Sitting next to me was a very interesting woman who had recently joined one of the well-known brokers. As the red wine steadily disappeared our conversation turned to the market, which is still a “boys club” in her experience. In a world where the judgements and styles of men shape the workplace culture, she has battled hard to achieve career success.
Last week the Chartered Insurance Institute (CII) published its survey of 192 businesses, revealing an average gender pay gap of 23% for insurers and 24% for intermediaries. Aside from the construction sector, the insurance industry is just about as wide as this gap gets and the reason is clear; there are simply not enough women in the upper branches, let alone the top of the executive tree.
After digesting that, curiosity got the better of me and I rooted around for the gender pay data for my dining companion’s new firm; an organisation that is currently applauding itself for being one of the most ethical companies in the world. I eventually discovered in a Business Insurance article that their gap is 51% – twice the national average. Unlike most of its peers, it is a pity that this firm has not presented an action plan to address their pay gap, or if they have it is extremely well hidden from view.

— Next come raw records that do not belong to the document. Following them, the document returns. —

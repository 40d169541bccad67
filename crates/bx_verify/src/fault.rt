//! Why there is no verdict.

use bx_logic::NoMemory;
use bx_map::MapFault;

/// Why nothing was verified.
#[derive(Clone, Copy)]
pub enum VerifyFault {
    /// The net has no mapped network, or too large a one. Never with want of memory.
    Map(MapFault),
    /// Memory was refused.
    NoMemory,
}

impl From<NoMemory> for VerifyFault {
    ghost use Rattle.std.specs.Prelude.{◌≡◌};
    ghost use Rattle.bx_verify.specs.declared.fault.VerifyFault.TheVariants.{NoMemory};

    ghost from_gives = { λ _ fault. fault ≡ NoMemory };

    fn from(_: NoMemory) -> Self {
        VerifyFault::NoMemory
    }
}

impl From<MapFault> for VerifyFault {
    ghost use Rattle.std.specs.Prelude.{◌≡◌};
    ghost use Rattle.bx_verify.specs.Answers.{told_as};

    ghost from_gives = { λ why fault. fault ≡ told_as why };

    fn from(why: MapFault) -> Self {
        match why {
            MapFault::NoMemory => VerifyFault::NoMemory,
            _ => VerifyFault::Map(why),
        }
    }
}
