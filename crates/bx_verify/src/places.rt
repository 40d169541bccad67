//! Whether a design is that of a layout whose nodes have given places.
ghost use Rattle.std.specs.Prelude.{◌≡◌, ◌↔◌, IfOk, IsTrue, All};
ghost use Rattle.bx_grid.specs.Tiles.{IsGrid};
ghost use Rattle.bx_verify.specs.Cutting.{IsCutInto, IsWrongDesign};
ghost use Rattle.bx_verify.specs.Failing.{IsOn, Fits, tiles_of as tile_list};

use crate::claims::is_same;
use crate::verdict::Part;
use bx_cert::Spot;
use bx_dots::{CutFault, cut};
use bx_grid::Ratio;
use bx_layout::FormGrid;
use bx_library::Library;
use bx_logic::NoMemory;
use bx_network::MappedNet;
use bx_siqad::Design;
use bx_trace::traces;
use std::alloc::Global;

/// What is wrong with a design of the found ratio whose nodes are to have these places: its size, its dots or what
/// they make, in this order, or none where it is right.
pub(crate) fn wrong_design(
    alloc: Global,
    net: &MappedNet,
    library: &Library,
    design: &Design,
    found: Ratio,
    spots: &[Spot],
) -> Result<Option<Part>, NoMemory>
    ensures { IfOk result (IsWrongDesign net.now library.now design.now found spots.now) }
{
    if !is_same(design.ratio(), found) {
        return Ok(Some(Part::Size));
    }
    let Some(grid) = cut_design(alloc, library, design)? else {
        return Ok(Some(Part::Dots));
    };
    if !fits(alloc, net, &grid, spots)? {
        return Ok(Some(Part::Network));
    }
    Ok(None)
}

// The form grid that a design's dots are cut into, or none where something is in the way of one.
fn cut_design(
    alloc: Global,
    library: &Library,
    design: &Design,
) -> Result<Option<FormGrid>, NoMemory>
    ensures { IfOk result (IsCutInto library.now design.now) }
{
    match cut(alloc, library, design.ratio(), design.dots()) {
        Ok(grid) => Ok(Some(grid)),
        Err(CutFault::NoMemory) => Err(NoMemory),
        Err(_) => Ok(None),
    }
}

// Whether there is a place on the grid for each node, and some layout with these places has this form grid.
fn fits(alloc: Global, net: &MappedNet, grid: &FormGrid, spots: &[Spot]) -> Result<bool, NoMemory>
    ensures { IfOk result (λ yes. IsTrue yes ↔ Fits net.now grid.now spots.now) }
{
    let ratio = grid.ratio();
    if spots.len() != net.node_count() as usize || !are_on(ratio, spots) {
        return Ok(false);
    }
    let tiles = tiles_of(alloc, ratio, spots)?;
    traces(alloc, net, grid, &tiles)
}

// Whether each place is on the grid.
fn are_on(ratio: Ratio, spots: &[Spot]) -> bool
    ensures { IsTrue result ↔ All (IsOn ratio) spots.now }
{
    for spot in spots {
        if spot.x >= ratio.w || spot.y >= ratio.h {
            return false;
        }
    }
    true
}

// The tiles of places.
fn tiles_of(alloc: Global, ratio: Ratio, spots: &[Spot]) -> Result<Vec<u32>, NoMemory>
    requires grid { IsGrid ratio }
    requires on { All (IsOn ratio) spots.now }
    ensures { IfOk result (λ tiles. tiles.items ≡ tile_list ratio spots.now) }
{
    let mut tiles = Vec::with_capacity(alloc, spots.len())?;
    for spot in spots {
        tiles.push(spot.y * ratio.w + spot.x)?;
    }
    Ok(tiles)
}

Fortunately other businesses are less reticent and good initiatives are emerging. Some are even setting targets for gender representation. Lloyd’s for example are aiming for at least 40% women in their senior management group in the next five years. Aon are redesigning their recruitment and promotion process to achieve gender-balanced lists of candidates; deploying software to decode job literature; and removing all gender specific language and insinuation. Aviva are introducing more flexible working policies, offering 52 weeks of parental leave (a half of which on full pay) equally to men and women when a new child arrives. The Chubb Rising forum has been created to showcase successful women in that business. MS Amlin has appointed a (female) Chief People Officer to oversee the advancement of women in their organisation.

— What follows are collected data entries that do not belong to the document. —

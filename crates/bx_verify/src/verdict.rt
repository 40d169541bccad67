//! What the verifier says of a design and its certificate.

use bx_grid::Ratio;

/// What can be wrong, in the order in which it is tested.
#[derive(Clone, Copy)]
pub enum Part {
    /// The certificate doesn't end with a found ratio. The number is that of the sections.
    Last,
    /// The ratios of the sections, with the found one behind them, aren't the first ones of the order of the
    /// certificate's limits. The number is the first index, from 0, at which they aren't; an index past the end of
    /// the order counts too.
    Missing,
    /// A section's proof doesn't refute its ratio. The number is the first such index, from 0.
    Proof,
    /// The design's ratio isn't the found one. The number is the index of the found ratio.
    Size,
    /// The design's dots can't be cut into a form grid. The number is the index of the found ratio.
    Dots,
    /// The form grid isn't that of a layout whose nodes have the certificate's places. The number is the index of the
    /// found ratio.
    Network,
}

/// Whether a design and its certificate are right.
#[derive(Clone, Copy)]
pub enum Verdict {
    /// They are: this ratio, the found one, has the design, and no earlier one has a layout.
    Minimal(Ratio),
    /// They aren't: this part is the first that fails, with the number that it has.
    Wrong(Part, u64),
}
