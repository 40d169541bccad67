//! The verifier: whether a design is right and nothing smaller exists, for anyone who is handed a net, a library, a
//! design and a certificate, whoever made them. [`verify`] says that the found ratio is minimal exactly where no part
//! of the two fails, and else which part fails first, and where. Minimal means that the design's dots, cut by the
//! library, make a sound grid of forms that computes the net, and that no earlier ratio within the certificate's
//! limits has a layout of the library's forms.
//!
//! It stands on no search and on nothing that makes designs: what refutes a ratio, what dots are cut into and what a
//! layout is are the business of the crates below, each of which decides it by itself. Reading files and saying the
//! verdict is left to those above.
#![tactic(auto)]

mod claims;
mod fault;
mod judge;
pub mod laws;
mod places;
mod refuted;
mod verdict;

pub use fault::VerifyFault;
pub use judge::verify;
pub use verdict::{Part, Verdict};
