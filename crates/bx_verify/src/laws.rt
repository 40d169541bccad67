//! Laws about the definitions alone, each the clause of a function with an empty body. Nothing here runs.
ghost use Rattle.std.specs.Prelude.{◌≡◌, ◌↔◌, ℕ};
ghost use Rattle.bx_cert.specs.Certs.{Certificate};
ghost use Rattle.bx_grid.specs.declared.ratio.Ratio.{Ratio};
ghost use Rattle.bx_layout.specs.Permits.{Allows};
ghost use Rattle.bx_library.specs.Tiles.{Tiles, IsOffered};
ghost use Rattle.bx_network.specs.Networks.{Network};
ghost use Rattle.bx_siqad.specs.Designs.{Drawing};
ghost use Rattle.bx_verify.specs.Answers.{IsVerdict};
ghost use Rattle.bx_verify.specs.Failing.{IsFirstToFail};
ghost use Rattle.bx_dots.specs.Permits.{permit_of};
ghost use Rattle.bx_verify.specs.declared.verdict.Part.{Part};
ghost use Rattle.bx_verify.specs.declared.verdict.Verdict.{Verdict};

/// One part at most is the first that fails, and it fails with one number.
pub fn one_part_is_the_first_to_fail()
    ensures { (N : Network) (lib : Tiles) (design : Drawing) (cert : Certificate)
        (p q : Part) (j k : ℕ) → IsFirstToFail N lib design cert p j
        → IsFirstToFail N lib design cert q k → (p ≡ q) × (j ≡ k) }
{}

/// A design and its certificate have one verdict.
pub fn there_is_one_verdict()
    ensures { (N : Network) (lib : Tiles) (design : Drawing) (cert : Certificate)
        (one other : Verdict) → IsVerdict N lib design cert one
        → IsVerdict N lib design cert other → one ≡ other }
{}

/// The permit of a library allows the forms that it offers, and no others.
pub fn the_permit_of_a_library_is_exact()
    ensures { (lib : Tiles) (r : Ratio) (t form : ℕ)
        → Allows (permit_of lib) r t form ↔ IsOffered lib form }
{}
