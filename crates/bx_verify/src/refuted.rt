//! Whether each section's proof refutes its ratio.
ghost use Rattle.std.specs.Prelude.{◌≡◌, ◌↔◌, ◌≤◌, ℕ, length, IfOk, IsTrue};
ghost use Rattle.bx_bounds.specs.Numbers.{IsLeast};
ghost use Rattle.bx_encode.specs.Formula.{formula};
ghost use Rattle.bx_grid.specs.Tiles.{tile_count, IsGrid};
ghost use Rattle.bx_grid.specs.declared.ratio.Ratio.{Ratio};
ghost use Rattle.bx_layout.specs.Permits.{test_of};
ghost use Rattle.bx_library.specs.Tiles.{IsLibrary};
ghost use Rattle.bx_proof.specs.Accepted.{IsAccepted};
ghost use Rattle.bx_refutes.specs.Refutations.{IsRefutedBy};
ghost use Rattle.bx_verify.specs.Failing.{IsUnproved};
ghost use Rattle.bx_dots.specs.Permits.{permit_of};
ghost use Rattle.bx_verify.specs.Sections.{AreSmall, AreProved};

use bx_bounds::check_count;
use bx_cert::Section;
use bx_check::check_chunks;
use bx_encode::{MOST_AREA, MOST_NODES, encode};
use bx_grid::Ratio;
use bx_layout::Permit;
use bx_library::Library;
use bx_logic::NoMemory;
use bx_network::MappedNet;
use bx_proof::{Refutation, Steps};
use std::alloc::Global;
use std::thread::Threads;

/// The permit of the forms that a library offers.
pub(crate) fn permit_for(library: &Library) -> Permit
    ensures allows { test_of result ≡ permit_of library.now }
    ensures kept { IsLibrary library.now }
{
    let _width = library.width();
    Permit::same(library.offers())
}

/// The index of the first section whose proof doesn't refute its ratio, or none where each does.
pub(crate) fn first_unproved<T: Threads + Sync>(
    threads: &T,
    alloc: Global,
    net: &MappedNet,
    permit: &Permit,
    sections: &[Section],
    workers: u32,
) -> Result<Option<u64>, NoMemory>
    requires nodes { length net.now.nodes ≤ MOST_NODES }
    requires small { AreSmall sections.now }
    requires workers { (1 ≤ workers) × (workers ≤ 16) }
    ensures first { IfOk result
        (IsLeast (IsUnproved net.now (test_of permit.now) sections.now)) }
    ensures proved { IfOk result (AreProved net.now (test_of permit.now) sections.now) }
{
    for (k, section) in sections.iter().enumerate() {
        if !is_proved(threads, alloc, net, permit, section, workers)? {
            return Ok(Some(k as u64));
        }
    }
    Ok(None)
}

// Whether the proof of a section refutes its ratio.
fn is_proved<T: Threads + Sync>(
    threads: &T,
    alloc: Global,
    net: &MappedNet,
    permit: &Permit,
    section: &Section,
    workers: u32,
) -> Result<bool, NoMemory>
    requires nodes { length net.now.nodes ≤ MOST_NODES }
    requires grid { IsGrid section.now.ratio }
    requires area { tile_count section.now.ratio ≤ MOST_AREA }
    requires workers { (1 ≤ workers) × (workers ≤ 16) }
    ensures { IfOk result (λ yes. IsTrue yes ↔
        IsRefutedBy net.now (test_of permit.now) section.now.ratio section.now.proof) }
{
    match &section.proof {
        Refutation::Count(proof) => Ok(check_count(net, section.ratio, *proof)),
        Refutation::Clauses(steps) => {
            are_accepted(threads, alloc, net, permit, section.ratio, steps, workers)
        }
    }
}

// Whether steps are accepted for the formula of a ratio, which is given up before it returns.
fn are_accepted<T: Threads + Sync>(
    threads: &T,
    alloc: Global,
    net: &MappedNet,
    permit: &Permit,
    ratio: Ratio,
    steps: &Steps,
    workers: u32,
) -> Result<bool, NoMemory>
    requires nodes { length net.now.nodes ≤ MOST_NODES }
    requires grid { IsGrid ratio }
    requires area { tile_count ratio ≤ MOST_AREA }
    requires workers { (1 ≤ workers) × (workers ≤ 16) }
    ensures { IfOk result (λ yes. IsTrue yes ↔
        IsAccepted (formula net.now (test_of permit.now) ratio) steps.now) }
{
    let clauses = encode(alloc, net, permit, ratio)?;
    check_chunks(threads, alloc, &clauses, steps, workers)
}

At the CII, the People Engagement Director Tali Shlomo is being diplomatic: “We are not looking to name and shame individual firms but to work in collaboration with the sector as a whole in order to address the root causes of the pay gap” she says.

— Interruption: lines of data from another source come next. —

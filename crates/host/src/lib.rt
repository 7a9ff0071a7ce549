// A run over call words: each call at the front of the words is made on a monitor, and its answer written as words.
#![tactic(auto)]

ghost use Rattle.calls.specs.Calls.{call_with};
ghost use Rattle.host.specs.Answered.{text_behind};
ghost use Rattle.host.specs.Run.{MakesOne, OneRun, Ran, StopsFor};
ghost use Rattle.std.specs.Prelude.{◌≡◌, ◌+◌, ◌-◌, ◌/◌, ◌<◌, ◌≤◌, length, MatchResult};

use calls::{Call, LookedAt, Stop};
use monitor::Monitor;
use unit::Unit;
use words::{Answer, LONGEST_TEXT, answer_size, read_call, write_answer};

// What a run has done.
#[derive(Clone, Copy, PartialEq, Eq, Debug)]
pub struct Report {
    // the calls made, the refused ones too
    pub calls: usize,
    // the bytes of the answers
    pub written: usize,
    pub stop: Stop,
}

// The bytes that stand behind the answer to a call: after a look at the outcome of a read, those that it has moved. A look changes
// nothing, so they are the same before and after the call.
fn text_behind<'m, A: Unit, B: Unit, C: Unit, D: Unit>(
    monitor: &'m Monitor<A, B, C, D>,
    call: Call<&[u8]>,
) -> &'m [u8]
    ensures { result.now ≡ text_behind (call_with (λ t. t.now) call.entry) monitor.now }
{
    match call {
        Call::Look {
            at: LookedAt::Outcome,
        } => monitor.outcome_text(),
        _ => &[],
    }
}

// Makes the first call of some words and writes its answer to the front of `out`: the words that are left, and how many bytes
// the answer takes. So many words as `place` stand before these; a stop where they begin no lawful call tells it.
fn make_first<'b, A: Unit, B: Unit, C: Unit, D: Unit>(
    monitor: &mut Monitor<A, B, C, D>,
    words: &'b [u8],
    place: usize,
    out: &mut [u8],
) -> Result<(&'b [u8], usize), Stop>
    ensures { MatchResult result (λ p. MakesOne words.now p.0.now monitor.old monitor.new out.old out.new p.1) (λ stop. StopsFor stop place words.now monitor.old (length out.old) × (monitor.new ≡ monitor.old) × (out.new ≡ out.old)) }
{
    let mut text = [0; LONGEST_TEXT];
    let found = read_call(words, &mut text).map_err(|_| Stop::Unlawful { place })?;
    let (call, rest) = found.ok_or(Stop::End)?;
    let size = answer_size(text_behind(monitor, call));
    if out.len() < size {
        return Err(Stop::NoRoom);
    }
    let reply = monitor.step(call);
    let answer = Answer {
        running: monitor.running(),
        reply,
        text: text_behind(monitor, call),
    };
    // It fits: its size was compared with the room before the call.
    let _ = write_answer(answer, out);
    Ok((rest, size))
}

// Makes the calls in some words, one after the other, and writes their answers to `answers`, up to the end, to the first
// place where no lawful call begins, or to the first answer that has no room, whose call is not made.
pub fn run<A: Unit, B: Unit, C: Unit, D: Unit>(
    monitor: &mut Monitor<A, B, C, D>,
    words: &[u8],
    answers: &mut [u8],
) -> Report
    ensures ran { Ran words.now monitor.old monitor.new answers.old answers.new result }
    ensures fits { result.written ≤ length answers.new }
    ensures only { OneRun }
{
    let mut rest = words;
    let mut calls = 0;
    let mut written = 0;
    loop {
        let place = (words.len() - rest.len()) / 4;
        match make_first(monitor, rest, place, &mut answers[written..]) {
            Ok((more, size)) => {
                rest = more;
                calls += 1;
                written += size;
            }
            Err(stop) => {
                return Report {
                    calls,
                    written,
                    stop,
                };
            }
        }
    }
}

True we have an industry wide problem but each company is unlikely to address it with identical vigour and at the same speed. The pay gap data is a comparative tool that is wasted if it is not adopted by the CII (and others) to measure individual firm’s progress. As my dinner discussion revealed, some businesses have more to achieve than others. Surely we should at least shine a light on firms whose deeds not words set them apart in tackling gender inequality and by implication also the laggards living in the past.